But, flawed as it was, the Winnipeg Jets' 2-1 victory over the Carolina Hurricanes in front of an announced crowd of 14,033 at PNC Arena might also represent something else for the crew in the double blue and white: growth.
Yes, on a night in which so much of what the Jets have done well under Paul Maurice WASN'T on display -- the skating, speed, defensive detail was in very short supply -- they got some solid work from goaltender Ondrej Pavelec, a gritty effort by the foot soldiers on the penalty kill and a flash of creativity by Jacob Trouba with just over a minute left to pick up their ninth win in 11 games under the new boss.
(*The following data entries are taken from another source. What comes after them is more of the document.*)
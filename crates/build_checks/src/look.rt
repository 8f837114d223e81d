ghost use Rattle.std.specs.Prelude.{IfOk, IfSome, IfNone, Contains};
ghost use Rattle.build_checks.specs.Looked.{IsFound, IsKeyIn, IsLacked};
ghost use Rattle.build_checks.specs.Stand.{AreChecks, modules_of, world_of};

use crate::checks::Checks;
use check_cache::{Cache, Hit, PairKey};
use ob_text::{Name, NoMemory};
use target_graph::Workspace;

impl Checks {
    /// The kept check of a module for what is held at its path and for these imports.
    pub fn look<'c>(
        &self,
        cache: &'c Cache,
        index: u32,
        imports: &[(Name, u64)],
    ) -> Result<Option<Hit<'c>>, NoMemory>
        requires checks { AreChecks self.now }
        requires among { Contains (modules_of self.now) index }
        ensures some { IfOk result (λ found. IfSome found (λ hit. IsFound cache.now (world_of self.now) index imports.now hit.fact.now)) }
        ensures none { IfOk result (λ found. IfNone found (IsLacked cache.now (world_of self.now) index imports.now)) }
    {
        let key = self.key(index)?;
        Ok(cache.look(&key, self.sources.held(index), imports))
    }

    /// The key of a module, at which its kept checks stand.
    pub fn key(&self, index: u32) -> Result<PairKey, NoMemory>
        requires checks { AreChecks self.now }
        requires among { Contains (modules_of self.now) index }
        ensures { IfOk result (IsKeyIn (world_of self.now) index) }
    {
        let workspace: &Workspace = &self.sources.workspace;
        PairKey::of(self.alloc, workspace.targets(), self.sources.pair(index))
    }
}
"To be honest with you, it wasn't our best game," said Maurice. "I don't know that we played to our strengths, but we just came off two emotional games against Vancouver and Montreal, which is such a big deal for us. It's good to win a game when you're not necessarily at your best. Our structure was good, our goalie was good and the confidence is there that we can stay in the game."
The win improves the Jets to 28-25-5 and moves them to within two points of the Vancouver Canucks, who hold down the second wild-card spot in the Western Conference and fell 3-1 in Boston Tuesday night.
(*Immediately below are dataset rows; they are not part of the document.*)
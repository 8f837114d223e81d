ghost use Rattle.std.specs.Prelude.{◌≡◌, ℕ, List, map, IfOk};
ghost use Rattle.check_cache.specs.Facts.{names_of};
ghost use Rattle.iface_key.specs.Keys.{key_of_view};
ghost use Rattle.oberon_module.specs.Views.{plain_views};
ghost use Rattle.oberon_rules.specs.Local.{view_in};
ghost use Rattle.oberon_types.specs.Memory.{plain_view};
ghost use Rattle.worker_pool.specs.Jobs.{plain_check};
ghost use Rattle.worker_pool.specs.Outcomes.{IsCheckOf};
ghost use Rattle.build_rules.specs.Locality.{IsApart};
ghost use Rattle.build_rules.specs.World.{World};
ghost use Rattle.build_sources.specs.Documents.{AreImportsOf};
ghost use Rattle.build_checks.specs.Kept.{AreNumbered, IsKept};
ghost use Rattle.build_checks.specs.Work.{IsWorkOf};

use check_cache::Fact;
use iface_key::{Key, key_of};
use indexmap::IndexMap;
use ob_text::{Name, NoMemory};
use oberon_module::Checked;
use oberon_types::View;
use std::alloc::Global;
use worker_pool::Check;

/// A check that was made as a fact, with the names of its imports and the numbers of what they show. It goes by the check
/// alone, so it serves one too that comes behind the end of its build. It copies no text.
pub fn fact_of(
    alloc: Global,
    check: Check,
    checked: Checked,
    imports: Vec<(Name, u64)>,
) -> Result<Fact, NoMemory>
    requires checked { IsCheckOf (plain_check check) checked }
    requires named { AreImportsOf check.held (names_of imports.items) }
    ensures kept { IfOk result (λ fact. (keys : List (List ℕ)) (w : World) (p : ℕ) → IsApart w
        → IsWorkOf w p (plain_check check) → AreNumbered keys w p imports.items → IsKept keys w p fact) }
    ensures imports { IfOk result (λ fact. fact.imports ≡ imports.items) }
    ensures checked { IfOk result (λ fact. fact.checked ≡ checked) }
{
    let parts = check.into_parts();
    let (held, stem, views) = parts;
    let keys = keys_of(alloc, imports.as_slice(), &views)?;
    Ok(Fact::new(held, stem, imports, keys, checked))
}

/// The keys of what these names show.
fn keys_of(
    alloc: Global,
    imports: &[(Name, u64)],
    views: &IndexMap<Name, View>,
) -> Result<Vec<Key>, NoMemory>
    ensures { IfOk result (λ keys. keys.items ≡ map (λ i. key_of_view (view_in (plain_views views.now.entries) i.0)) imports.now) }
{
    let mut keys = Vec::new(alloc);
    for import in imports {
        keys.push(key_of_import(alloc, &import.0, views)?)?;
    }
    Ok(keys)
}

/// The key of what a name shows by these views. One without a view is no module.
pub fn key_of_import(
    alloc: Global,
    name: &Name,
    views: &IndexMap<Name, View>,
) -> Result<Key, NoMemory>
    ensures { IfOk result (λ key. key ≡ key_of_view (view_in (plain_views views.now.entries) name.now)) }
{
    match views.get(name) {
        Some(view) => key_of(alloc, view),
        None => key_of(alloc, &View::Missing),
    }
}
"That's what good teams do, they find a way to win when maybe they're not on their 'A' game," said captain Andrew Ladd. "A lot of it is confidence in your 'D' zone, to have the patience to know you've just got to relax and have everybody in their position and find a way to weather the storm."
A LITTLE CREATIVITY WHEN IT MATTERS
There must have some gasps late in the third period when Jacob Trouba took a pass from Blake Wheeler at the Canes' blue-line, shrugged off a check by Nathan Gerbe while playing a pass off the boards to himself and then burst around Ron Hainsey to attempt a wraparound, the rebound of which was buried by Chris Thorburn for the winner with just 63 seconds remaining.
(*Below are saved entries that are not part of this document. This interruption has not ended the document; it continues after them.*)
ghost use Rattle.std.specs.Prelude.{◌≡◌, ◌<◌, None, length, IfOk, replicate};
ghost use Rattle.std.specs.List.{slice_set};
ghost use Rattle.build_sources.specs.Documents.{AreKnown, IsKnown};

use check_cache::{Cache, PairKey};
use indexmap::IndexMap;
use ob_text::{Held, Name, NoMemory, Path};
use std::alloc::Global;
use target_graph::{Pair, Target, Workspace};

/// For each entry of a snapshot in order the names that its document imports, where a check of the same text is kept.
pub(crate) fn known_imports<'a>(
    alloc: Global,
    workspace: &Workspace,
    entries: &[(Path, Held)],
    cache: &'a Cache,
) -> Result<Vec<Option<&'a [Name]>>, NoMemory>
    ensures { IfOk result (λ known. AreKnown entries.now known.items) }
{
    let indices = indices_of(alloc, entries)?;
    let mut known = nothing(alloc, entries.len())?;
    let targets = workspace.targets();
    for pair in workspace.pairs() {
        match indices.get(&pair.path) {
            Some(index) => learn(alloc, cache, targets, pair, entries, *index, &mut known)?,
            None => {}
        }
    }
    Ok(known)
}

/// Nothing is known of so many documents.
fn nothing<'a>(alloc: Global, count: usize) -> Result<Vec<Option<&'a [Name]>>, NoMemory>
    ensures { IfOk result (λ known. known.items ≡ replicate count None) }
{
    let mut known = Vec::new(alloc);
    'documents: while known.len() < count {
        known.push(None)?;
    }
    Ok(known)
}

/// The index of each path's entry, of the last one where it stands twice. It only decides where a kept check is looked for.
fn indices_of(alloc: Global, entries: &[(Path, Held)]) -> Result<IndexMap<Path, usize>, NoMemory> {
    let mut indices = IndexMap::new(alloc);
    for index in 0..entries.len() {
        indices.insert(entries[index].0.copy(alloc)?, index)?;
    }
    Ok(indices)
}

/// Learns what a pair's kept checks say of the document at an index.
fn learn<'a>(
    alloc: Global,
    cache: &'a Cache,
    targets: &[Target],
    pair: &Pair,
    entries: &[(Path, Held)],
    index: usize,
    known: &mut Vec<Option<&'a [Name]>>,
) -> Result<(), NoMemory>
    requires target { pair.now.target < length targets.now }
    requires sized { length known.old.items ≡ length entries.now }
    requires known { AreKnown entries.now known.old.items }
    ensures sized { length known.new.items ≡ length entries.now }
    ensures known { AreKnown entries.now known.new.items }
{
    if index < entries.len() {
        let key = PairKey::of(alloc, targets, pair)?;
        let names = learned(cache, &key, &entries[index].1, known[index]);
        put(index, names, known);
    }
    Ok(())
}

/// What is known of what is held, or else what a pair's kept checks say of it.
fn learned<'a>(
    cache: &'a Cache,
    key: &PairKey,
    held: &Held,
    known: Option<&'a [Name]>,
) -> Option<&'a [Name]>
    requires { IsKnown held.now known }
    ensures { IsKnown held.now result }
{
    match known {
        Some(names) => Some(names),
        None => cache.imports(key, held),
    }
}

/// Puts what is known of the document at an index.
fn put<'a>(index: usize, names: Option<&'a [Name]>, known: &mut Vec<Option<&'a [Name]>>)
    requires { index < length known.old.items }
    ensures { known.new.items ≡ slice_set known.old.items index names.entry }
{
    known[index] = names;
}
Trouba was all over the map against Carolina, making some 19-year-old decisions at times but then flashing some brilliance when it mattered.
"His first two shifts he looked like a Norris Trophy candidate, the next two were a little bit unusual because usually his puck-handling and decision-making is a real strength of his," said Maurice. "But great confidence in a young man to want to make the play that decides the game. "You guys look this up, but that guy's got to be +14 or +15 in his last 10 games. He's been on the ice for big goals, overtime goals... you can tell by his minutes we don't hide him. I'm not playing the kids because I'm a good guy and I'm thinking five years down the road. We're playing to win every night and that's why those two guys (including Mark Scheifele) play as much as they do."
Remember, Trouba is still just 19. He leads all NHL rookies in ice time and, after Zach Bogosian, had the second-most minutes played of all skaters in Tuesday's game.
"It's one of those plays where maybe you're a little nervous seeing a defenceman jump down at the end of the game," said Ladd. "But for a young kid to have the confidence to do that... we know he's extremely strong on the puck. It's one thing he's really good at -- knowing where he is on the ice and that he can't turn the puck over. He used his speed and got to the net.
"It's something we probably take for granted and you forget how young he is."
PAV VS. MONTOYA
There was tons of gnashing of molars earlier in the day when Maurice confirmed Ondrej Pavelec would get the start in net over Al Montoya, who has been the first star in both of his wins under the new head coach -- including Sunday's 2-1 decision over Montreal.
But Pavelec was solid and improved to 7-2 under Maurice with a sparkling .957 save percentage.